Reproduce the data in its entirety, exactly as supplied.

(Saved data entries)
------------------------------------------------------------
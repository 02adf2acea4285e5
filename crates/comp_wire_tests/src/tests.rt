//! The rows of the binary format, section by section, with bytes that were worked out by hand.

ghost use Rattle.std.specs.Prelude.{◌≡◌, true, None, [], IfOk};
ghost use Rattle.comp_wire.specs.Read.{Reads};
ghost use Rattle.comp_wire.specs.Fits.{fits};
ghost use Rattle.comp_wire.specs.Definitions.{component_of_defs, component_of_list, named_defs};

mod canons;
mod instances;
mod items;
mod lists;
mod names;
mod numbers;
mod types;

use comp_wire::{ComponentSink, NameMaps, NoMemory, Seq, WireDef};
use std::alloc::Global;
use std::process::Abort;

/// What a component begins with.
const PREAMBLE: [u8; 8] = [0x00, 0x61, 0x73, 0x6d, 0x0d, 0x00, 0x01, 0x00];

/// No names.
fn no_names<'a>(alloc: Global) -> NameMaps<'a>
    ensures component { result.component ≡ None }
    ensures maps { result.maps ≡ [] }
{
    NameMaps {
        component: None,
        maps: Seq::from_vec(Vec::new(alloc)),
    }
}

/// A list of these items.
fn list<T: Drop, const N: usize>(rt: &impl Abort, alloc: Global, items: [T; N]) -> Seq<T>
    ensures { result ≡ items }
{
    Seq::from_vec(Vec::from_array(alloc, items).expect(rt, "memory"))
}

/// Whether bytes are those of a component with these sections.
fn is_component(bytes: &[u8], sections: &[u8]) -> bool {
    match bytes.split_at_checked(PREAMBLE.len()) {
        Some((preamble, rest)) => preamble == PREAMBLE.as_slice() && rest == sections,
        None => false,
    }
}

/// The binary of a component of these definitions and names.
fn component_bytes(
    alloc: Global,
    defs: &[WireDef<'_>],
    names: &NameMaps<'_>,
) -> Result<Vec<u8>, NoMemory>
    requires { fits (component_of_defs (named_defs defs.now names.now)) ≡ true }
    ensures { IfOk result (λ bytes. Reads bytes.items (component_of_defs (named_defs defs.now names.now))) }
{
    let mut sink = ComponentSink::new(alloc)?;
    for def in defs {
        sink.put(def)?;
    }
    sink.names(names)?;
    sink.finish()
}

/// Whether the component of these definitions and names has these sections. It takes the definitions, so that no test drops them.
fn is_named(
    alloc: Global,
    defs: Seq<WireDef<'_>>,
    names: NameMaps<'_>,
    sections: &[u8],
) -> Result<bool, NoMemory>
    requires { fits (component_of_defs (named_defs defs names)) ≡ true }
{
    let bytes = component_bytes(alloc, defs.as_slice(), &names)?;
    Ok(is_component(bytes.as_slice(), sections))
}

/// Whether the component of these definitions has these sections.
fn is_written(alloc: Global, defs: Seq<WireDef<'_>>, sections: &[u8]) -> Result<bool, NoMemory>
    requires { fits (component_of_list defs) ≡ true }
{
    is_named(alloc, defs, no_names(alloc), sections)
}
------------------------------------------------------------
● **EXERCISE ANSWER**
repository 02adf2acea4285e5
filename crates/comp_wire_tests/src/tests.rt
//! The rows of the binary format, section by section, with bytes that were worked out by hand.

ghost use Rattle.std.specs.Prelude.{◌≡◌, true, None, [], IfOk};
ghost use Rattle.comp_wire.specs.Read.{Reads};
ghost use Rattle.comp_wire.specs.Fits.{fits};
ghost use Rattle.comp_wire.specs.Definitions.{component_of_defs, component_of_list, named_defs};

mod canons;
mod instances;
mod items;
mod lists;
mod names;
mod numbers;
mod types;

use comp_wire::{ComponentSink, NameMaps, NoMemory, Seq, WireDef};
use std::alloc::Global;
use std::process::Abort;

/// What a component begins with.
const PREAMBLE: [u8; 8] = [0x00, 0x61, 0x73, 0x6d, 0x0d, 0x00, 0x01, 0x00];

/// No names.
fn no_names<'a>(alloc: Global) -> NameMaps<'a>
    ensures component { result.component ≡ None }
    ensures maps { result.maps ≡ [] }
{
    NameMaps {
        component: None,
        maps: Seq::from_vec(Vec::new(alloc)),
    }
}

/// A list of these items.
fn list<T: Drop, const N: usize>(rt: &impl Abort, alloc: Global, items: [T; N]) -> Seq<T>
    ensures { result ≡ items }
{
    Seq::from_vec(Vec::from_array(alloc, items).expect(rt, "memory"))
}

/// Whether bytes are those of a component with these sections.
fn is_component(bytes: &[u8], sections: &[u8]) -> bool {
    match bytes.split_at_checked(PREAMBLE.len()) {
        Some((preamble, rest)) => preamble == PREAMBLE.as_slice() && rest == sections,
        None => false,
    }
}

/// The binary of a component of these definitions and names.
fn component_bytes(
    alloc: Global,
    defs: &[WireDef<'_>],
    names: &NameMaps<'_>,
) -> Result<Vec<u8>, NoMemory>
    requires { fits (component_of_defs (named_defs defs.now names.now)) ≡ true }
    ensures { IfOk result (λ bytes. Reads bytes.items (component_of_defs (named_defs defs.now names.now))) }
{
    let mut sink = ComponentSink::new(alloc)?;
    for def in defs {
        sink.put(def)?;
    }
    sink.names(names)?;
    sink.finish()
}

/// Whether the component of these definitions and names has these sections. It takes the definitions, so that no test drops them.
fn is_named(
    alloc: Global,
    defs: Seq<WireDef<'_>>,
    names: NameMaps<'_>,
    sections: &[u8],
) -> Result<bool, NoMemory>
    requires { fits (component_of_defs (named_defs defs names)) ≡ true }
{
    let bytes = component_bytes(alloc, defs.as_slice(), &names)?;
    Ok(is_component(bytes.as_slice(), sections))
}

/// Whether the component of these definitions has these sections.
fn is_written(alloc: Global, defs: Seq<WireDef<'_>>, sections: &[u8]) -> Result<bool, NoMemory>
    requires { fits (component_of_list defs) ≡ true }
{
    is_named(alloc, defs, no_names(alloc), sections)
}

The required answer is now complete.